ADDIS ABABA, Ethiopia, 23 March 2012 – As the world commemorates World Water Day, UNICEF called on governments to pay particular attention to those living in rural areas who are being left behind in their countries' progress, especially with regard to access to safe drinking water and basic sanitation.

Two weeks ago a UNICEF and World Health Organization report showed conclusively that poor people in rural areas are overwhelming those without these most basic necessities for life.

The report, Progress on Drinking Water and Sanitation 2012, says the world met the Millennium Development Goal target for drinking water at the end of 2010, when 89 percent of the world’s population, or 6.1 billion people, used improved drinking water sources. However, it says that rural dwellers are several times more likely than their urban counterparts to be without access to safe drinking water. According to the report, globally there is an almost universal disparity of access to safe drinking water in rural areas compared to urban areas.

In Ethiopia, according to the Growth and Transformation Plan (2010), the water supply coverage is 65.8 percent (91.5 percent urban and 62 percent rural). While there has been significant progress in recent years, there are still close to 30 million Ethiopians who lack access to safe and reliable sources of drinking water. The Joint Monitoring Report (JMP) 2012 update reports that the percentage of population using improved drinking water sources is 44 percent (97 percent urban and 34 percent rural). The difference in between the Government and JMP figures can be explained in part by different definitions of improved water source.
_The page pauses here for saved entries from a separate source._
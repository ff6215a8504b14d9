//! Sets of values.
ghost use Rattle.std.specs.Prelude.{◌≡◌, ◌&&◌, ◌||◌, Some, None};
ghost use Rattle.dmn_ranges.specs.Ranges.{null_alone};
ghost use Rattle.dmn_ranges.specs.Steps.{nothing as no_value, anything, everything, joined as joined_of, is_other as is_other_of, any_of_size as any_of_size_of, lists_of as lists_of_size, contexts_of as contexts_of_size, is_other_than_text as is_other_than_text_of, is_other_than_list as is_other_than_list_of, are_numbers as are_numbers_of, size_of as size_of_range, text_alone, numbers_or_null as numbers_or_null_of};

use crate::interval::{Interval, hull};
use crate::size::Size;
use crate::texts::Texts;
use std::sync::ArcStr;

/// A set of values: null, the truth values, the numbers of an interval, texts, lists and contexts.
#[derive(Clone, Copy, Debug, PartialEq, Eq)]
pub struct Range {
    pub nulls: bool,
    pub trues: bool,
    pub falses: bool,
    pub numbers: Option<Interval>,
    pub texts: Texts,
    pub lists: bool,
    pub contexts: bool,
    /// How large the lists and the contexts are at most.
    pub size: Size,
}

/// What a member of a value can be.
#[derive(Drop)]
pub struct MemberRange {
    /// The path to it: the names after the value's own, the last one first.
    pub path: Vec<String>,
    pub range: Range,
}

/// What a parameter can be, and what some of its members can be.
#[derive(Drop)]
pub struct ParameterRange {
    pub range: Range,
    pub members: Vec<MemberRange>,
}

/// What a name can stand for.
#[derive(Drop)]
pub struct NamedRange {
    pub name: ArcStr,
    pub range: Range,
}

pub(crate) fn either(a: bool, b: bool) -> bool
    ensures { result ≡ a || b }
{
    a || b
}

pub(crate) fn both(a: bool, b: bool) -> bool
    ensures { result ≡ a && b }
{
    a && b
}

impl Range {
    /// No value.
    pub fn nothing() -> Range
        ensures { result ≡ no_value }
    {
        Range::numbers_or_null(false, None)
    }

    /// Null alone.
    pub fn null() -> Range
        ensures { result ≡ null_alone }
    {
        Range::numbers_or_null(true, None)
    }

    /// Any value.
    pub fn any() -> Range
        ensures { result ≡ anything }
    {
        Range::any_of_size(Size::any())
    }

    /// Any value, but lists and contexts of this size alone.
    pub(crate) fn any_of_size(size: Size) -> Range
        ensures { result ≡ any_of_size_of size }
    {
        Range {
            nulls: true,
            trues: true,
            falses: true,
            numbers: every_number(),
            texts: Texts::Any,
            lists: true,
            contexts: true,
            size,
        }
    }

    /// Lists of this size.
    pub(crate) fn lists_of(size: Size) -> Range
        ensures { result ≡ lists_of_size size }
    {
        Range {
            nulls: false,
            trues: false,
            falses: false,
            numbers: None,
            texts: Texts::none(),
            lists: true,
            contexts: false,
            size,
        }
    }

    /// Contexts of this size.
    pub(crate) fn contexts_of(size: Size) -> Range
        ensures { result ≡ contexts_of_size size }
    {
        Range {
            nulls: false,
            trues: false,
            falses: false,
            numbers: None,
            texts: Texts::none(),
            lists: false,
            contexts: true,
            size,
        }
    }

    /// Numbers, and null where this is said.
    pub(crate) fn numbers_or_null(nulls: bool, numbers: Option<Interval>) -> Range
        ensures { result ≡ numbers_or_null_of nulls numbers }
    {
        Range {
            nulls,
            trues: false,
            falses: false,
            numbers,
            texts: Texts::none(),
            lists: false,
            contexts: false,
            size: Size::none(),
        }
    }

    /// One text.
    pub(crate) fn text(text: &str) -> Range
        ensures { result ≡ text_alone text.now }
    {
        Range {
            nulls: false,
            trues: false,
            falses: false,
            numbers: None,
            texts: Texts::one(text),
            lists: false,
            contexts: false,
            size: Size::none(),
        }
    }

    /// Whether some value is no number.
    pub(crate) fn is_other(&self) -> bool
        ensures { result ≡ is_other_of self.now }
    {
        either(
            either(self.nulls, either(self.trues, self.falses)),
            either(self.texts.is_some(), either(self.lists, self.contexts)),
        )
    }

    /// Whether some value is no text.
    pub(crate) fn is_other_than_text(&self) -> bool
        ensures { result ≡ is_other_than_text_of self.now }
    {
        either(
            either(self.nulls, either(self.trues, self.falses)),
            either(self.numbers.is_some(), either(self.lists, self.contexts)),
        )
    }

    /// Whether some value is no list.
    pub(crate) fn is_other_than_list(&self) -> bool
        ensures { result ≡ is_other_than_list_of self.now }
    {
        either(
            either(self.nulls, either(self.trues, self.falses)),
            either(
                self.numbers.is_some(),
                either(self.texts.is_some(), self.contexts),
            ),
        )
    }

    /// How large a value can be; past where it can be no value.
    pub(crate) fn size_of(&self) -> Size
        ensures { result ≡ size_of_range self.now }
    {
        let scalar = Size { nodes: 1, depth: 1 };
        let size = self.size.larger(scalar);
        if are_numbers(self.numbers) {
            size
        } else {
            Size {
                nodes: Size::any().nodes,
                depth: size.depth,
            }
        }
    }
}

/// Every number of the range of numbers.
pub(crate) fn every_number() -> Option<Interval>
    ensures { result ≡ Some everything }
{
    Some(Interval {
        low: -i64::MAX,
        high: i64::MAX,
    })
}

/// Whether each number is one of the range of numbers.
pub(crate) fn are_numbers(numbers: Option<Interval>) -> bool
    ensures { result ≡ are_numbers_of numbers }
{
    match numbers {
        Some(numbers) => -i64::MAX <= numbers.low && numbers.high <= i64::MAX,
        None => true,
    }
}

/// A set with the values of both.
pub(crate) fn joined(a: Range, b: Range) -> Range
    ensures { result ≡ joined_of a b }
{
    Range {
        nulls: either(a.nulls, b.nulls),
        trues: either(a.trues, b.trues),
        falses: either(a.falses, b.falses),
        numbers: hull(a.numbers, b.numbers),
        texts: a.texts.joined(b.texts),
        lists: either(a.lists, b.lists),
        contexts: either(a.contexts, b.contexts),
        size: a.size.larger(b.size),
    }
}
According to Federal Ministry of Health 2009 report (Health Sector Development Plan (HSDP) IV Annual Performance Report 2009/2010) the national coverage of sanitation stands at 60 percent with urban coverage ahead of rural coverage (88 and 56 percent, respectively).
“Access to sanitation and water supply continues to grow at a steady pace, and the Government of Ethiopia’s Water, Sanitation and Hygiene (WASH) programme and policies are widely regarded as among the most progressive and effective in the world”, says Ted Chaiban, UNICEF Ethiopia country representative. “However, much still remains to be done to address the rural population that needs safe drinking water for their daily needs. We need to minimize the rural-urban divide for safe drinking water which is 30 percentage points in Ethiopia. Simultaneously we need to reach out to hard to reach areas to ensure equity in our approach”.

The Ethiopian Government has laid out ambitious plans for water, sanitation and hygiene through its “Universal Access Plan II” – which seeks to reach 98.5 percent access to safe water and 100 percent access to sanitation by 2015 (far more ambitious than the MDGs). In order to reach these targets, innovative, cost-effective sector-wide approaches are needed. The cost of achieving these targets will be significant. Recent estimates suggest reaching the “UAP” targets by 2015 could cost as much as US$3.01 billion. Current levels of investment are only about one third of this estimated resource requirement.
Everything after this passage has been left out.